HowTo - tell tcpdump to filter mixed tagged and untagged VLAN (IEEE 802.1Q) traffic
A week ago I needed to filter VLAN traffic with tcpdump. Everything went well, as long as *only*
tagged or *only* untagged traffic was given as input. However, when trying to filter say UDP packets
out of traffic that contains both tagged and untagged packets, tcpdump screwed my filters. As I think
this situation may happen to some more people, here some input for nerds struggling with the same
issue in the future.
Example doomed to fail with mixed traffic:
tcpdump -nn -v udp
This simple BPF filter should basically deliver all UDP packets, regardless whether the traffic is tagged with a VLAN tag or not. But: it doesn't. The issue is that tagging traffic inserts four more bytes (namely the VLAN ID) to the ethernet (or more precisely IEEE 802.1Q) header. Without specifically asking for VLAN traffic in the BPF filter, every traffic is parsed as untagged traffic. Thus, the specified filter delivers only untagged UDP packets (i.e., their frames) and drops all tagged traffic.

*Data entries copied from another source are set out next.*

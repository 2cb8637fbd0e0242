//! Memory for slots of the pages before they are used.
ghost use Rattle.std.specs.Prelude.{◌≡◌, ◌≢◌, map, Err, IfErr, OnOk};
ghost use Rattle.guillotiere.specs.Stored.{state_of};
ghost use Rattle.atlas_cache.specs.Reserving.{AllowSlots, HaveSlots, IsShortFor, StopsAtPage, UseAtMost};
ghost use Rattle.atlas_cache.specs.Rooms.{IsRefusal};
ghost use Rattle.atlas_entries.specs.declared.error.CacheError.TheVariants.{Memory, Slots};

use crate::rooms::{Rooms, refusal};
use atlas_entries::error::CacheError;
use std::alloc::Allocator;

impl<A: Allocator + Copy> Rooms<A> {
    /// At least so many slots are in reserve on each page from now on, so that a grant on it, which takes at most 4, asks for
    /// no memory, and no page passes the 16,777,216 that it may use. Nothing else changes. `Slots` only if a page would use more than
    /// that with them, `Memory` only if some page hasn't as many in reserve and memory is refused; the pages before that one have theirs
    /// in reserve then, and it and those after it are as they were.
    pub fn reserve_slots(&mut self, additional: u32) -> Result<(), CacheError>
        ensures ready { OnOk result (HaveSlots additional self.new.pages) }
        ensures states { map state_of self.new.pages ≡ map state_of self.old.pages }
        ensures slots { UseAtMost 0 self.old.pages self.new.pages }
        ensures options { self.new.options ≡ self.old.options }
        ensures errors { IfErr result IsRefusal }
        ensures short { result ≡ Err Slots → IsShortFor additional self.old.pages }
        ensures had { HaveSlots additional self.old.pages → result ≢ Err Memory }
        ensures allowed { OnOk result (AllowSlots additional self.new.pages) }
        ensures stops { IfErr result (λ error. StopsAtPage additional error self.old.pages self.new.pages) }
    {
        for page in 0..self.pages.len() {
            if let Err(error) = self.pages[page].reserve(additional) {
                return Err(refusal(error));
            }
        }
        Ok(())
    }
}
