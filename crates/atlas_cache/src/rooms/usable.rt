//! How much of a page's free area is of use for entries of a size.
ghost use Rattle.std.specs.Prelude.{◌≡◌, ◌+◌, ◌*◌, ◌-◌, ◌<◌, ◌≤◌, ◌≤ℤ◌, ◌<ℤ◌, pos, length, slice_get, sum_by, IfOk, IsOkUnless, Some};
ghost use Rattle.guillotiere.specs.Boxes.{area};
ghost use Rattle.guillotiere.specs.Choice.{rounded, up};
ghost use Rattle.guillotiere.specs.Pixels.{box_of, natural, options_of};
ghost use Rattle.guillotiere.specs.States.{free_in};
ghost use Rattle.guillotiere.specs.Stored.{state_of};
ghost use Rattle.atlas_cache.specs.Asking.{bordered};
ghost use Rattle.atlas_allocator.specs.Room.{lost};
ghost use Rattle.atlas_cache.specs.Usable.{unusable_by_page};

use crate::rooms::Rooms;
use atlas_entries::error::CacheError;
use guillotiere::{AtlasAllocator, Rectangle, Size};
use std::alloc::Allocator;

// A side with the padding at both ends, rounded up to a multiple of the alignment. A side below 0 counts as 0.
fn taken_side(side: i32, padding: i32, alignment: i32) -> u64
    requires padding { pos 0 ≤ℤ padding }
    requires alignment { pos 0 <ℤ alignment }
    ensures { result ≡ up (natural side + 2 * natural padding) (natural alignment) }
{
    let asked = side.max(0) as u64 + 2 * (padding as u64);
    let step = alignment as u64;
    (asked + (step - 1)) / step * step
}

/// How far `to` lies beyond `from`, where a position below 0 counts as 0.
pub fn extent(from: i32, to: i32) -> u64
    ensures { result ≡ natural to - natural from }
{
    (to.max(0) as u64).saturating_sub(from.max(0) as u64)
}

/// How many pixels a size has. A side below 0 counts as 0.
pub fn pixels_of(size: Size) -> u64
    ensures { result ≡ natural size.width * natural size.height }
{
    extent(0, size.width) * extent(0, size.height)
}

// The area of a free rectangle, if one of these sides doesn't fit it.
fn unusable_of(free: &Rectangle, width: u64, height: u64) -> u64
    ensures { result ≡ lost (record { width = width; height = height }) (box_of free.now) }
{
    let wide = extent(free.min.x, free.max.x);
    let high = extent(free.min.y, free.max.y);
    if width <= wide && height <= high {
        return 0;
    }
    wide * high
}

// The area of several free rectangles that one of these sides doesn't fit, together.
fn unusable_sum(free: &[Rectangle], width: u64, height: u64) -> u64
    requires { sum_by (λ r. area (box_of r)) free.now < 18446744073709551616 }
    ensures { result ≡ sum_by (λ r. lost (record { width = width; height = height }) (box_of r)) free.now }
{
    let mut sum = 0;
    for at in 0..free.len() {
        sum += unusable_of(&free[at], width, height);
    }
    sum
}

// The area of a page's free rectangles that one of these sides doesn't fit.
fn unusable_on<A: Allocator + Copy>(
    page: &AtlasAllocator<A>,
    width: u64,
    height: u64,
) -> Result<u64, CacheError>
    ensures area { IfOk result (λ area. area
        ≡ sum_by (lost (record { width = width; height = height })) (free_in (state_of page.now))) }
    ensures unless { IsOkUnless result CacheError.Memory }
{
    let _all = page.free_area();
    let Ok(free) = page.free_rectangles() else {
        return Err(CacheError::Memory);
    };
    let lost = unusable_sum(&free, width, height);
    Ok(lost)
}

impl<A: Allocator + Copy> Rooms<A> {
    /// The area of a page, in pixels, that is free in rectangles which have no room for an entry of this size, with its
    /// padding and rounded up to the alignment. Requires that there is such a page. A side below 0 counts as 0. Takes memory
    /// for a list of the page's free rectangles: `Memory` if that is refused.
    pub fn unusable_area(&self, page: u32, size: Size) -> Result<u64, CacheError>
        requires { page < length self.now.pages }
        ensures area { IfOk result (λ lost. slice_get (unusable_by_page self.now.options size self.now.pages) page ≡ Some lost) }
        ensures unless { IsOkUnless result CacheError.Memory }
    {
        let options = &self.options;
        let alignment = options.atlas.alignment;
        let width = taken_side(size.width, options.padding, alignment.width);
        let height = taken_side(size.height, options.padding, alignment.height);
        unusable_on(&self.pages[page as usize], width, height)
    }
}
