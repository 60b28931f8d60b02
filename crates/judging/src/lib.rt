// What the judging program writes of a plan file: the verdict, and for a plan that fails a rule its shown run, line by line.
// The plan is tested and prepared once; text waits in a page and goes out in blocks.
#![tactic(auto)]

use elsewhere::apart_tested;
use lines::{write_out, write_refused, write_step};
use pages::Page;
use plan::{Refusal, TestedPlan};
use plan_file::read_tested;
use rules::{Prepared, prepare};
use run::TestedRun;
use shown::Mark;
use shown_next::{given_tested, showing};
use std::io;
use verdict_lines::write_judged;

// The whole shown run of a plan that fails a rule, step by step from place to place, and how it is out of step then.
// It ends because each step leaves one fewer of the steps that the shown run has.
fn show(rt: &impl Print, prepared: Prepared, page: &mut Page) -> io::Result<()> {
    let fresh = TestedRun::fresh(prepared.plan);
    let Some(mut shown) = showing(prepared, fresh, Mark::Before) else {
        return Ok(());
    };
    while let Some((step, next)) = given_tested(shown) {
        page.add(rt, |out, at| write_step(out, at, step))?;
        shown = next;
    }
    let Some(apart) = apart_tested(shown.run.plan, shown.run.run) else {
        return Ok(());
    };
    page.add(rt, |out, at| write_out(out, at, apart))
}

// The verdict, and the shown run of a plan that fails.
fn judged(rt: &impl Print, plan: TestedPlan) -> io::Result<()> {
    let mut page = Page::new();
    let prepared = prepare(plan);
    page.add(rt, |out, at| {
        write_judged(out, at, plan.plan.nodes, Ok(prepared.verdict))
    })?;
    show(rt, prepared, &mut page)?;
    page.flush(rt)
}

// The one line of a file that holds no plan.
fn refused(rt: &impl Print, refusal: Refusal) -> io::Result<()> {
    let mut page = Page::new();
    page.add(rt, |out, at| write_refused(out, at, refusal.number()))?;
    page.flush(rt)
}

// The judge's whole text of a plan file, on standard output: of a refused one a line.
pub fn tell(rt: &impl Print, file: &[u8]) -> io::Result<()> {
    match read_tested(file) {
        Ok(plan) => judged(rt, plan),
        Err(refusal) => refused(rt, refusal),
    }
}
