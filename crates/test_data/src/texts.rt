// What the types of Rust are written as.
use crate::looks::{holds, is_no_value, is_pretty, is_string, is_value, is_written};
use json_number::{Number, RawNumber};
use json_print::BufferedWriter;
use json_text::{ErrorCode, Result, Sink, VecSink, flush_all};
use json_write::{
    Serialize, to_string, to_string_pretty, to_vec, to_vec_pretty, to_writer, to_writer_pretty,
};
use std::alloc::Global;
use std::borrow::CowStr;
use std::collections::BTreeMap;
use test_samples::hinted::{Overstated, Understated};
use test_samples::tagged::Tagged;

fn unsigned_are_written(alloc: Global) -> Result<bool> {
    let all = (1_u8, (2_u16, (3_u32, (4_u64, (5_u128, 6_usize)))));
    is_written(alloc, &all, "[1,[2,[3,[4,[5,6]]]]]")
}

fn signed_are_made(alloc: Global) -> Result<bool> {
    let all = (-1_i8, (-2_i16, (-3_i32, (-4_i64, (-5_i128, -6_isize)))));
    is_value(alloc, &all, "[-1,[-2,[-3,[-4,[-5,-6]]]]]")
}

fn numbers_are_made(alloc: Global) -> Result<bool> {
    let both = (Number::from(7_u64), Number::from(-7_i64));
    is_value(alloc, &both, "[7,-7]")
}

#[test]
fn integers_of_each_type(rt: HostRuntime) {
    assert!(rt; holds(unsigned_are_written(rt.alloc())));
    assert!(rt; holds(signed_are_made(rt.alloc())));
    assert!(rt; holds(numbers_are_made(rt.alloc())));
}

const PAST: &str = "18446744073709551616";

fn literal_is_made(alloc: Global) -> Result<bool> {
    is_value(alloc, &RawNumber::new(alloc, PAST)?, PAST)
}

#[test]
fn integers_past_u64(rt: HostRuntime) {
    let alloc = rt.alloc();
    let large = 18446744073709551616_u128;
    assert!(rt; holds(is_written(alloc, &large, PAST)));
    assert!(rt; is_no_value(alloc, &large, ErrorCode::NumberOutOfRange));
    assert!(rt; holds(literal_is_made(alloc)));
}

fn texts_are_written(alloc: Global) -> Result<bool> {
    let owned = CowStr::Borrowed("a\"b");
    let all = ('\u{e9}', (owned, ("c", Some(()))));
    is_written(alloc, &all, "[\"é\",[\"a\\\"b\",[\"c\",null]]]")
}

fn string_is_written(alloc: Global) -> Result<bool> {
    let string = to_string(alloc, &false)?;
    is_written(alloc, &&string, "\"false\"")
}

#[test]
fn texts_and_nulls(rt: HostRuntime) {
    let alloc = rt.alloc();
    assert!(rt; holds(texts_are_written(alloc)));
    assert!(rt; holds(is_value(alloc, &(true, None::<u8>), "[true,null]")));
    assert!(rt; holds(string_is_written(alloc)));
}

// Whether this text is written by each call that indents.
fn is_indented<T: Serialize>(alloc: Global, value: &T, text: &str) -> Result<bool> {
    let mut sink = VecSink::new(alloc);
    to_writer_pretty(alloc, &mut sink, value)?;
    Ok(
        sink.as_slice() == text.as_bytes()
            && to_vec_pretty(alloc, value)?.as_slice() == text.as_bytes()
            && to_string_pretty(alloc, value)?.as_str() == text,
    )
}

fn no_elements(alloc: Global) -> Result<bool> {
    let list: Vec<u8> = Vec::new(alloc);
    is_indented(alloc, &list, "[]")
}

fn one_element(alloc: Global) -> Result<bool> {
    let mut list = Vec::new(alloc);
    list.push(1_u8)?;
    Ok(is_string(alloc, &list, "[1]")? && is_string(alloc, &list.as_slice(), "[1]")?)
}

#[test]
fn lists_without_and_with_elements(rt: HostRuntime) {
    assert!(rt; holds(no_elements(rt.alloc())));
    assert!(rt; holds(one_element(rt.alloc())));
}

// Whether this is written so, and so with a layout.
fn is_laid_out<T: Serialize>(alloc: Global, value: &T, text: &str, pretty: &str) -> Result<bool> {
    Ok(is_written(alloc, value, text)? && is_pretty(alloc, value, pretty)?)
}

#[test]
fn hints_change_nothing(rt: HostRuntime) {
    let alloc = rt.alloc();
    assert!(rt; holds(is_laid_out(alloc, &Understated { n: 7 }, "[7]", "[\n  7\n]")));
    assert!(rt; holds(is_laid_out(alloc, &Overstated, "[]", "[]")));
}

fn tags_are_written(alloc: Global) -> Result<bool> {
    let tags = vec![in alloc; "a", "b"]?;
    let ada = Tagged { name: "Ada", tags };
    let text = "{\"name\":\"Ada\",\"tags\":[\"a\",\"b\"]}";
    Ok(is_written(alloc, &ada, text)? && is_value(alloc, &ada, text)?)
}

#[test]
fn a_struct_with_a_list(rt: HostRuntime) {
    assert!(rt; holds(tags_are_written(rt.alloc())));
}

// What is written into a sink through a buffer that is flushed.
fn buffered<T: Serialize>(alloc: Global, value: &T) -> Result<VecSink> {
    let mut writer = BufferedWriter::new(alloc, VecSink::new(alloc))?;
    to_writer(alloc, &mut writer, value)?;
    flush_all(&mut writer)?;
    Ok(writer.into_inner())
}

fn is_buffered<T: Serialize>(alloc: Global, value: &T, text: &str) -> Result<bool> {
    let sink = buffered(alloc, value)?;
    let bytes = to_vec(alloc, value)?;
    Ok(sink.as_slice() == bytes.as_slice() && sink.as_slice() == text.as_bytes())
}

fn map_is_buffered(alloc: Global) -> Result<bool> {
    let mut map = BTreeMap::new(alloc);
    map.insert("hello", "world")?;
    map.insert("this_is_considered", "fast")?;
    is_buffered(
        alloc,
        &map,
        "{\"hello\":\"world\",\"this_is_considered\":\"fast\"}",
    )
}

#[test]
fn through_a_buffer_that_is_flushed(rt: HostRuntime) {
    assert!(rt; holds(map_is_buffered(rt.alloc())));
}
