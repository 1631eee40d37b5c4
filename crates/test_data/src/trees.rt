// Values, arrays, objects, paths and edits of texts.
use crate::looks::{Row, code_of, each_holds, holds, read};
use json_text::{ErrorCode, Result};
use json_value::{Array, Edit, Object, Path, Value};
use std::alloc::Global;
use test_fixtures::shows;

// Whether the value of a text is a place of a document, and has this compact text.
fn place(alloc: Global, text: &str, json: &str) -> Result<bool> {
    let value = read::<Value>(alloc, text)?;
    Ok(shows(alloc, &value, json)? && value.place().is_some())
}

// Whether the array of a text has this compact text.
fn array(alloc: Global, text: &str, json: &str) -> Result<bool> {
    shows(alloc, &read::<Array>(alloc, text)?.into_value(), json)
}

// The same of an object.
fn object(alloc: Global, text: &str, json: &str) -> Result<bool> {
    shows(alloc, &read::<Object>(alloc, text)?.into_value(), json)
}

// How many steps there are.
fn steps(alloc: Global, text: &str) -> Result<usize> {
    Ok(read::<Path>(alloc, text)?.steps().len())
}

// Whether there is an edit of each form, in this order.
fn is_each_form(edits: &[Edit]) -> bool {
    match edits {
        [set, insert, push, remove] => {
            matches!(set, Edit::Set { .. })
                && matches!(insert, Edit::Insert { .. })
                && matches!(push, Edit::Push { .. })
                && matches!(remove, Edit::Remove { .. })
        }
        _ => false,
    }
}

fn forms(alloc: Global, text: &str) -> Result<bool> {
    Ok(is_each_form(read::<Vec<Edit>>(alloc, text)?.as_slice()))
}

fn is_unmatched(outcome: Result<bool>) -> bool {
    code_of(outcome) == Some(ErrorCode::TypeUnmatched)
}

#[test]
fn trees_are_kept_whole(rt: HostRuntime) {
    let alloc = rt.alloc();
    assert!(rt; holds(array(alloc, " [1] ", "[1]")));
    let twice = "{\"a\":1,\"a\":[2.50,\"\\n\"]}";
    assert!(rt; holds(object(alloc, twice, twice)));
    assert!(rt; holds(place(alloc, twice, twice)));
    assert!(rt; matches!(steps(alloc, "[\"a\",0]"), Ok(2)));
    assert!(rt; is_unmatched(array(alloc, "{}", "{}")));
}

// A word that is no edits.
struct Other {
    word: &'static str,
}

impl Row for Other {
    fn text(&self) -> &'static str {
        self.word
    }

    fn holds(&self, alloc: Global) -> bool {
        is_unmatched(forms(alloc, self.word))
    }
}

const OTHERS: &[Other] = &[
    Other { word: "{}" },
    Other {
        word: "[[\"set\",[]]]",
    },
    Other {
        word: "[[\"set\",[],1,2]]",
    },
    Other {
        word: "[[\"set\",[1.5],0]]",
    },
    Other {
        word: "[[\"push\",\"a\",1]]",
    },
    Other {
        word: "[[\"remove\",[],-1]]",
    },
    Other {
        word: "[[\"remove\",[],4294967296]]",
    },
    Other {
        word: "[[\"insert\",[],1,2]]",
    },
    Other {
        word: "[[\"move\",[],1]]",
    },
    Other { word: "[[]]" },
];

#[test]
fn an_edits_word_in_each_form(rt: HostRuntime) {
    let word =
        "[[\"set\",[\"a\",0],1],[\"insert\",[],\"k\",{}],[\"push\",[],[2]],[\"remove\",[],\"b\"]]";
    assert!(rt; holds(forms(rt.alloc(), word)));
    each_holds(&rt, rt.alloc(), OTHERS);
}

Now watch out: similar things happen if you specify the mysterious 'vlan' keyword in the tcpdump filter. After specifiying the 'vlan' keyword, the *preceding* filters are matched against traffic shifted by 4 bytes to the right. Note that this is also true if you specify 'not vlan' as filter. The internals of how tcpdump translates the BPF filter are exposed when calling tcpdump with the -b option:
BPF translation of filter 'not vlan and udp':
[root@vm-fedora ~]# tcpdump -nn -d not vlan and udp (000) ldh  (001) jeq #0x8100 jt 10 jf 2 (002) ldh  (003) jeq #0x86dd jt 4 jf 6 (004) ldb  (005) jeq #0x11 jt 9 jf 10 (006) jeq #0x800 jt 7 jf 10 (007) ldb  (008) jeq #0x11 jt 9 jf 10 (009) ret #96 (010) ret #0
What do we see here? Although we explicitly specified to have untagged traffic, our filter fails and matches UDP traffic that has no VLAN tag but is shifter by 4 byte to the right (i.e., it matches nothing). Our fault was to specify the 'vlan' keyword, such that all preceding filters ('udp') are matched against shifted traffic. To cope with this issue, one should be careful in which order the filter is put together. If we want to match both tagged and untagged UDP traffic, we have to specify the following filter:
Filter UDP traffic, both VLAN tagged and untagged:
[root@vm-fedora ~]# tcpdump -nn -d "udp or (vlan and udp)"
Or, the generic solution:
Generic filter expression that matches VLAN tagged and untagged traffic:
[root@vm-fedora ~]# tcpdump -nn -d "<filter> or (vlan and <filter>)"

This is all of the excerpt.